Cannabis is “getting stronger” with regards to THC content. This is a bugbear. Yes, there are some strains available in the new commoditized market that might have a higher level of THC than outdoor guerrilla grown skunk by hippies back in the day. There are also widely used strains of cannabis with deliberately lower levels of THC. This is another aged spectre of prohibition that long ago outlived its shelf life.
Both cocaine production and U.S.-based opioid deaths hit new records. This may be true, but it has little to do with cannabis legalization or use. In fact, the association in the UNODC report is what is alarming. Cannabis is increasingly being seen in legitimate medical circles as a gateway drug off of other, more harmful substances. Not a gateway to them.
“The proportion of people with psychiatric disorders and suicides associated with regular cannabis use has increased.” Don’t let this kind of anti-cannabis propaganda scare you, even if it is emanating from the UN. There is no link between mental illness, much less suicides from regular cannabis use. In fact, for many people suffering from both physical and psychiatric disorders, like depression and PTSD, cannabis use considerably relieves the stressors that lead to self-destructive behavior.
The most recent study to examine such issues, emanating from the National Institutes of Health (NIH) last year had to concede that they could not “establish that cannabis use caused the increased suicidality we observed in this study,” and that “these associations warrant further research.” The same study also noted that cannabis use by adults more than doubled in the United States between 2008 and 2019—precisely the years that normalization became a multi-state campaign politically.
It is also worth noting that one of the most recent studies about cannabis and PTSD, which includes episodes of depression leading to suicide, found that cannabis use dramatically decreased PTSD symptoms to the point that many patients no longer met the diagnostic criteria for the condition.

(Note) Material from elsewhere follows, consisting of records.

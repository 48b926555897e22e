//! How a session of many clients ends.

/// Why a session of many clients ended.
#[derive(Clone, Copy, Debug, PartialEq, Eq)]
pub enum SessionEnd {
    /// The input ended between two frames.
    Closed,
    /// The input ended inside a frame. The part of it that came counts.
    Cut,
    /// A head was invalid: a length above `MAX_FRAME_BYTES`, or one above 0 for all clients.
    /// Nothing after it was consumed.
    Unknown,
    /// An allocation for a part of a record or for a new client failed.
    Memory,
    /// The reader failed, or `MAX_RECORDS` bytes and calls of it were used up.
    ReadFault,
    /// The writer failed.
    WriteFault,
}
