//! The items in a client's bytes.
ghost use Rattle.std.specs.Prelude.{◌≡◌, drop};
ghost use Rattle.oa_mux.specs.Steps.{record_body};

use oa_frame::End;

/// A whole record: the length of its body, and the body.
#[derive(Drop)]
pub enum WholeRecord<'a> {
    /// It is in the bytes that came last.
    Here(&'a [u8]),
    /// It came in parts, and was put together.
    Gathered(Vec<u8>),
}

impl WholeRecord<'_> {
    /// Returns the body of the record, which is never empty.
    pub fn body(&self) -> &[u8]
        ensures { result.now ≡ record_body self.now }
    {
        match self {
            WholeRecord::Here(bytes) => behind_length(bytes),
            WholeRecord::Gathered(bytes) => behind_length(bytes),
        }
    }
}

/// Returns the bytes after the first four, which are a length.
fn behind_length(bytes: &[u8]) -> &[u8]
    ensures { result.now ≡ drop 4 bytes.now }
{
    &bytes[bytes.len().min(4)..]
}

/// The first item in some bytes.
#[derive(Drop)]
pub enum ClientItem<'a> {
    /// Nothing whole.
    Nothing,
    /// A body.
    Body(WholeRecord<'a>),
    /// The end of the client's stream: `Closed` by a length of 0, or `TooLong`.
    Ends(End),
}

/// A step through a client's bytes.
#[derive(Drop)]
pub struct ClientStep<'a> {
    /// The number of bytes that were consumed.
    pub taken: usize,
    /// The item that the last of them completes.
    pub what: ClientItem<'a>,
}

Veterans are perhaps the population most at risk for suicide, even in the best of times. According to most national estimates, there are 22 veteran suicides a day in the U.S. Deployed veterans serving in either Iraq or Afghanistan had a suicide risk 41% higher than the average population. Even more intriguingly, non-deployed veterans had a 61% greater risk of committing suicide than the average person.
It is also worth noting that economic and other conditions since 2008 have actually worsened for many people—from the overhang of the global recession to a flat recovery.
COVID-19 was just a piece of icing on an already overburdened cake.
Using cannabis to help relieve some of these symptoms seems like a very sane, logical, and increasingly legal option.
Global Scare Tactics and Propaganda
While it is unsurprising that UNODC would produce this kind of report, even after the UN moved cannabis to a list of less dangerous drugs, including an apparent parroting of highly suspect U.S. government data, it is a telling development. This is the same kind of distortion and misapplied association that dragged prohibition out as long as it has.
Using a drug’s legalization combined with a disastrously disconnecting event like a global Pandemic to make unfounded associations about cannabis use is disingenuous to say the least.
To appear to parrot a U.S. national study which reached similar conclusions while being equally light on the data and association front is just another sign that the UN is still overwhelmingly influenced by U.S. policymakers—and anti-reform ones at that—who will stop at nothing to try and halt the green tide of change.